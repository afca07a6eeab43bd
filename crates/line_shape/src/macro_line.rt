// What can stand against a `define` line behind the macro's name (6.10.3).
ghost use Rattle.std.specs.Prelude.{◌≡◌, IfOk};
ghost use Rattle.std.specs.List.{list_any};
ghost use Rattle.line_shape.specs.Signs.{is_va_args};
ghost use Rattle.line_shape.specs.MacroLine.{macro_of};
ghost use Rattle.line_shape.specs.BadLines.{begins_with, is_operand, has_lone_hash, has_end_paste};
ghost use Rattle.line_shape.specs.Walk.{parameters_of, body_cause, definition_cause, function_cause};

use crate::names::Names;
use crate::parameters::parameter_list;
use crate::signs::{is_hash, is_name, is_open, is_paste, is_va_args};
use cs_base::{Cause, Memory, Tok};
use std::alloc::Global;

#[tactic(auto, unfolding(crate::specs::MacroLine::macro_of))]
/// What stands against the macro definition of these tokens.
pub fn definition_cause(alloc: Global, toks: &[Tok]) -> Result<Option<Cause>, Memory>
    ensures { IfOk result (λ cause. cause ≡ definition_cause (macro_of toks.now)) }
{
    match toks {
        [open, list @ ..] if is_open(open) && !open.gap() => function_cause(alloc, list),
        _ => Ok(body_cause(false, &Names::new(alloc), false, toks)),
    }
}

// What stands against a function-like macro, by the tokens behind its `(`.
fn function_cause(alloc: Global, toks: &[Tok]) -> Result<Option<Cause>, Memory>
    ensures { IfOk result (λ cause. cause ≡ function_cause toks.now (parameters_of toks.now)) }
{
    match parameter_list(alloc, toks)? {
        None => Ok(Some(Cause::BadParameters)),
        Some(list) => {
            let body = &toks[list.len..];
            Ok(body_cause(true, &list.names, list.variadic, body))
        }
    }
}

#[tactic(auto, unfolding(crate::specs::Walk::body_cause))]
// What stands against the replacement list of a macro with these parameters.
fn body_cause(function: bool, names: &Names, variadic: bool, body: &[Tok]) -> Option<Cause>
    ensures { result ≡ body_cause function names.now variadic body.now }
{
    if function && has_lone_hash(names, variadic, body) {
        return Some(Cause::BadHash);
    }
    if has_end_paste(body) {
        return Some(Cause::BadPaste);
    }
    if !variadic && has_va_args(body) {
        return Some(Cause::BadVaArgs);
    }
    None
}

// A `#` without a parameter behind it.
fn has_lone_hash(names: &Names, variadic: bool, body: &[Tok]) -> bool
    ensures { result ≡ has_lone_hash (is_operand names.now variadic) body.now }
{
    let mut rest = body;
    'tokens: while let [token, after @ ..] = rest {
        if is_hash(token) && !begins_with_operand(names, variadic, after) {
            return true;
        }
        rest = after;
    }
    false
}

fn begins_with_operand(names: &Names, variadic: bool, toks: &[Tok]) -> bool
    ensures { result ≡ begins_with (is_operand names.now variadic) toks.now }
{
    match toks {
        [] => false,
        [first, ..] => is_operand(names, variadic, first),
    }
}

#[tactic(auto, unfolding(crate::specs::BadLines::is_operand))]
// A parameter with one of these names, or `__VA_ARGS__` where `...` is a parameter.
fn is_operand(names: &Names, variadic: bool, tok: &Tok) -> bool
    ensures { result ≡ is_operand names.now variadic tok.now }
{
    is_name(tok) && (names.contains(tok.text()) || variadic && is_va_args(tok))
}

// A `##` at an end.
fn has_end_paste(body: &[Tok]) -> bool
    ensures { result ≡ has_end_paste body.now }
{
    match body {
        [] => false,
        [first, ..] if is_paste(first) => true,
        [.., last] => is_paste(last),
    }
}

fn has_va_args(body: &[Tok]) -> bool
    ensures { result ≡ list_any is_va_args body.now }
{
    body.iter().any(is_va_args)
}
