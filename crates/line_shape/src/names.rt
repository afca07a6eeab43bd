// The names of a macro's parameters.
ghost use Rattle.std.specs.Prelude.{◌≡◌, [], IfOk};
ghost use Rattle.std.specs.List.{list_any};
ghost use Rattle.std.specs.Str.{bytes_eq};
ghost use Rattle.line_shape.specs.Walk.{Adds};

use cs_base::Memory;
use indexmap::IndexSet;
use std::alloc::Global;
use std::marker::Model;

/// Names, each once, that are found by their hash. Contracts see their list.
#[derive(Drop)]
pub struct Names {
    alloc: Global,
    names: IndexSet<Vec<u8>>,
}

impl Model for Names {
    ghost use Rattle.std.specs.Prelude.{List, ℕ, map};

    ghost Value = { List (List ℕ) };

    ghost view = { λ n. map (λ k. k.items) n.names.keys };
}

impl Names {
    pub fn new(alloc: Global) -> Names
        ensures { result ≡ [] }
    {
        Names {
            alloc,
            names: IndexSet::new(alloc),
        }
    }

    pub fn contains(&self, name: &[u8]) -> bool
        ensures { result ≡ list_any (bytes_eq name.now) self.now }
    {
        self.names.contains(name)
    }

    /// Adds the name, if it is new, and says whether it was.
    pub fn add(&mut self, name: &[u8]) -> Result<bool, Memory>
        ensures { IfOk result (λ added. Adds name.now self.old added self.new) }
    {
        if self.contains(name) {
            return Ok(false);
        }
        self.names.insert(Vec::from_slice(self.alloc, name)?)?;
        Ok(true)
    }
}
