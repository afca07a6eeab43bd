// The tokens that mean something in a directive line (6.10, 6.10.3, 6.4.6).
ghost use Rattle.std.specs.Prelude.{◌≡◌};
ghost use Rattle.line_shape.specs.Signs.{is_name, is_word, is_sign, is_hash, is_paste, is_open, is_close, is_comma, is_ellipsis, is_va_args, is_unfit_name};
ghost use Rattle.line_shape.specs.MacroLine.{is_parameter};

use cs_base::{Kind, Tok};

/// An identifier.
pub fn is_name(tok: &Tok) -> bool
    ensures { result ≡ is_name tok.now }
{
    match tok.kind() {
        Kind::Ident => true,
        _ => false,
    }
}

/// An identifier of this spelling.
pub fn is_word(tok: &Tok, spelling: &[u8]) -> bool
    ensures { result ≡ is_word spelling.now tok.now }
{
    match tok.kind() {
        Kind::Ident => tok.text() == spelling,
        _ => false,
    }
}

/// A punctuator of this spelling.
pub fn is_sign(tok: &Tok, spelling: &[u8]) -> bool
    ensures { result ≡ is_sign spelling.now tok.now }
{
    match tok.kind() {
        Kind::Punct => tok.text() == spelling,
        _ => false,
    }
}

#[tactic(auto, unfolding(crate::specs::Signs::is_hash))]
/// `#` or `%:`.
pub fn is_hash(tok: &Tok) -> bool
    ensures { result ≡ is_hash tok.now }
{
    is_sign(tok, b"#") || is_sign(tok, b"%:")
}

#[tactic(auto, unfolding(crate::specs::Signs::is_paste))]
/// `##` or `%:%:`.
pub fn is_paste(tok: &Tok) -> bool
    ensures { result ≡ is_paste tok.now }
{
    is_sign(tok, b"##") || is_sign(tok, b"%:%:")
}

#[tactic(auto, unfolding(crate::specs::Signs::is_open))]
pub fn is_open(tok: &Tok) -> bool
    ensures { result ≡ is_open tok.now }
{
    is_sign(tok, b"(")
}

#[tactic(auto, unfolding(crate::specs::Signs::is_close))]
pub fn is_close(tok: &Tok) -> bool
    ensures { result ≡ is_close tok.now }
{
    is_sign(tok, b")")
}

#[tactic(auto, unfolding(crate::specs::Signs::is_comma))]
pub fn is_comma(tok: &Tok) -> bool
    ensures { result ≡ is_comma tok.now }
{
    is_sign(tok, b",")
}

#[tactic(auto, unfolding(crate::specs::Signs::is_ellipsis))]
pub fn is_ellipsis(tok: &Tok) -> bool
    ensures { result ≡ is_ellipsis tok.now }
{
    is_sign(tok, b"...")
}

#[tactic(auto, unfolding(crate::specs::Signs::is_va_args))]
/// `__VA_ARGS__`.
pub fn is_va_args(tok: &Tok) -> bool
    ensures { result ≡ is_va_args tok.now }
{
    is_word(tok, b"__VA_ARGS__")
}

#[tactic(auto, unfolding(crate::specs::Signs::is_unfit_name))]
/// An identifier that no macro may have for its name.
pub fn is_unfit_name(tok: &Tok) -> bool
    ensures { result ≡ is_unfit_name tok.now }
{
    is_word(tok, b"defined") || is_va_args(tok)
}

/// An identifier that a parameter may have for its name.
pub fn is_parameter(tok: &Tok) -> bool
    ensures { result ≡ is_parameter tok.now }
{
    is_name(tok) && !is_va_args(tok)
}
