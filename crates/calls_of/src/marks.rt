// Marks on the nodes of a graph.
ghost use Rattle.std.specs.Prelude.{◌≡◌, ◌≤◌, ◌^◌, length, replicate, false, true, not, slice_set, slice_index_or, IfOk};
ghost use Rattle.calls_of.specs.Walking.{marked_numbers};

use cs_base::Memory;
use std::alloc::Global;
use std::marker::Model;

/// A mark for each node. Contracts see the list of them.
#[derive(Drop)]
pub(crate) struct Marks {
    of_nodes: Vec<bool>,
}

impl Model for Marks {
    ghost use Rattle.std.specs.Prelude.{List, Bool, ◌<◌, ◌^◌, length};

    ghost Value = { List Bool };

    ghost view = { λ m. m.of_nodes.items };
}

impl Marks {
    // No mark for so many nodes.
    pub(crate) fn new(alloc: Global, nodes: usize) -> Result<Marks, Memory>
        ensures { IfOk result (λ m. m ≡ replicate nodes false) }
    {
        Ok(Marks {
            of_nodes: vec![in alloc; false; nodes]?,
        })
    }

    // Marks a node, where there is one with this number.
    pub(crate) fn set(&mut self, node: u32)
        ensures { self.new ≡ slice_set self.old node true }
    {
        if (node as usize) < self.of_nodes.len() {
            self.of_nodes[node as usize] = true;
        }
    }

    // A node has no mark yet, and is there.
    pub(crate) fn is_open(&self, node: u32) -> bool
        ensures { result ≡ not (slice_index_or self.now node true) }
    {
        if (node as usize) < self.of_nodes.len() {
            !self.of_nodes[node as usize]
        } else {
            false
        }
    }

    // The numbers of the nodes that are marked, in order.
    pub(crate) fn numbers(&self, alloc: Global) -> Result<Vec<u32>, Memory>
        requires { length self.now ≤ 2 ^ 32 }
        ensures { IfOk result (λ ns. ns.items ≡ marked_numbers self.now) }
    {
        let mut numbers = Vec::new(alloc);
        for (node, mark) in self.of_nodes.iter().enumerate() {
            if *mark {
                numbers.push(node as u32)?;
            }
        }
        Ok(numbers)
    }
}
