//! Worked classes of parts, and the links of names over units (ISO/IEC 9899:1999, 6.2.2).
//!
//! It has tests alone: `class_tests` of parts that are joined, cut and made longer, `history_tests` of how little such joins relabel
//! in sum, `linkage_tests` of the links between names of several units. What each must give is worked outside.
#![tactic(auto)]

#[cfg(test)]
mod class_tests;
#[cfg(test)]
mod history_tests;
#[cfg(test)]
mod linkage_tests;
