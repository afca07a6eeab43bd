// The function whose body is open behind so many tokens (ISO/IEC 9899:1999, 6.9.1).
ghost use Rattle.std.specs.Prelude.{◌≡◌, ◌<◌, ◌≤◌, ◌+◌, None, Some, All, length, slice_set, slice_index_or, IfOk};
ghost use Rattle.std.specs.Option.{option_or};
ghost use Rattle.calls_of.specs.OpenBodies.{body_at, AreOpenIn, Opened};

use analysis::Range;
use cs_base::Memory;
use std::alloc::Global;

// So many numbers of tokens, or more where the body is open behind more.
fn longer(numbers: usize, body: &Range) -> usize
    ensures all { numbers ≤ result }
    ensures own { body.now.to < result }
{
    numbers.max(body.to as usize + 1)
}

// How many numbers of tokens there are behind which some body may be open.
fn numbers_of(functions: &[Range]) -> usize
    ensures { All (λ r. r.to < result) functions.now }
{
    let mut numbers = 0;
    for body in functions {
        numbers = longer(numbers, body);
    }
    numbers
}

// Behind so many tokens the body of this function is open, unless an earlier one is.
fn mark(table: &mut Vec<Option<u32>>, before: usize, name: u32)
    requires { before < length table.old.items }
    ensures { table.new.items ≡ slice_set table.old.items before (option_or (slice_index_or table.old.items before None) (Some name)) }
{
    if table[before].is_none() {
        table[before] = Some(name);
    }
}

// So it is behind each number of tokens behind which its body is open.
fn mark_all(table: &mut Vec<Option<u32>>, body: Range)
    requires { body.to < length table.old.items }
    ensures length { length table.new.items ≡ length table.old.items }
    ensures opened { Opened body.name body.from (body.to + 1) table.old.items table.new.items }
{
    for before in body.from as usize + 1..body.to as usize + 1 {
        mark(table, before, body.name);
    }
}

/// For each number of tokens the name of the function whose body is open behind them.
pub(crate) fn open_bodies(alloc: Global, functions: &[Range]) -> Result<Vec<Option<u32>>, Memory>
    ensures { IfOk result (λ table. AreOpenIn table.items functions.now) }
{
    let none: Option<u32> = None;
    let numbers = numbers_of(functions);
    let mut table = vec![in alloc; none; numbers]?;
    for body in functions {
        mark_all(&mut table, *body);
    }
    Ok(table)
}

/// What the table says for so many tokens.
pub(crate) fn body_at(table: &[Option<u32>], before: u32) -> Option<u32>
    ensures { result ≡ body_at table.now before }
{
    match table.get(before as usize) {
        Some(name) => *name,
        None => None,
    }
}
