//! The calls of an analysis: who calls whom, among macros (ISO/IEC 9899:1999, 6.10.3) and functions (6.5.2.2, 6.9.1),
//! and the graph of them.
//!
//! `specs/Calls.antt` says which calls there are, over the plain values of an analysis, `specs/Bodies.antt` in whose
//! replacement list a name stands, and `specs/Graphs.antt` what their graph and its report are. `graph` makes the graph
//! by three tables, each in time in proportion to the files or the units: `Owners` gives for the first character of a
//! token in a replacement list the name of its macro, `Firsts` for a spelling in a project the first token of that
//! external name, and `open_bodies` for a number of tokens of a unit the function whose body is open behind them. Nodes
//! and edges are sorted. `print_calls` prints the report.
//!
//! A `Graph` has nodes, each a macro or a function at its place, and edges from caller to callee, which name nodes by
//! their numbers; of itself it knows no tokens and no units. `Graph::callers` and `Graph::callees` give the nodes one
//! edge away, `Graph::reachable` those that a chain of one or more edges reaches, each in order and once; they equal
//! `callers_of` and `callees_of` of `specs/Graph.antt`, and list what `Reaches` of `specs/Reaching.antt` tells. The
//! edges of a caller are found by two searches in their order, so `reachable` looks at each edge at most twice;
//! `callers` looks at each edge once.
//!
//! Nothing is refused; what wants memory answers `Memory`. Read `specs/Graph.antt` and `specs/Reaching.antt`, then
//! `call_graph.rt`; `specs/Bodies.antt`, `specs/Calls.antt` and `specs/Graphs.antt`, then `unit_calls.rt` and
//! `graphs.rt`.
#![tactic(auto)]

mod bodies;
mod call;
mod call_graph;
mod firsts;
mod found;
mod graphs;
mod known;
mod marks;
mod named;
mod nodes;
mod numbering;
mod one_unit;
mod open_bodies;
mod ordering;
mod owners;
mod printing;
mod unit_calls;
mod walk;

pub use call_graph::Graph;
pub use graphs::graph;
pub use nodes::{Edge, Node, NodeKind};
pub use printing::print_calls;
□ □ □ □
▸ Assignment
From the listing above, copy out each line where the word "IndexSet" appears.

▸ Reply
use indexmap::IndexSet;
    names: IndexSet<Vec<u8>>,
            names: IndexSet::new(alloc),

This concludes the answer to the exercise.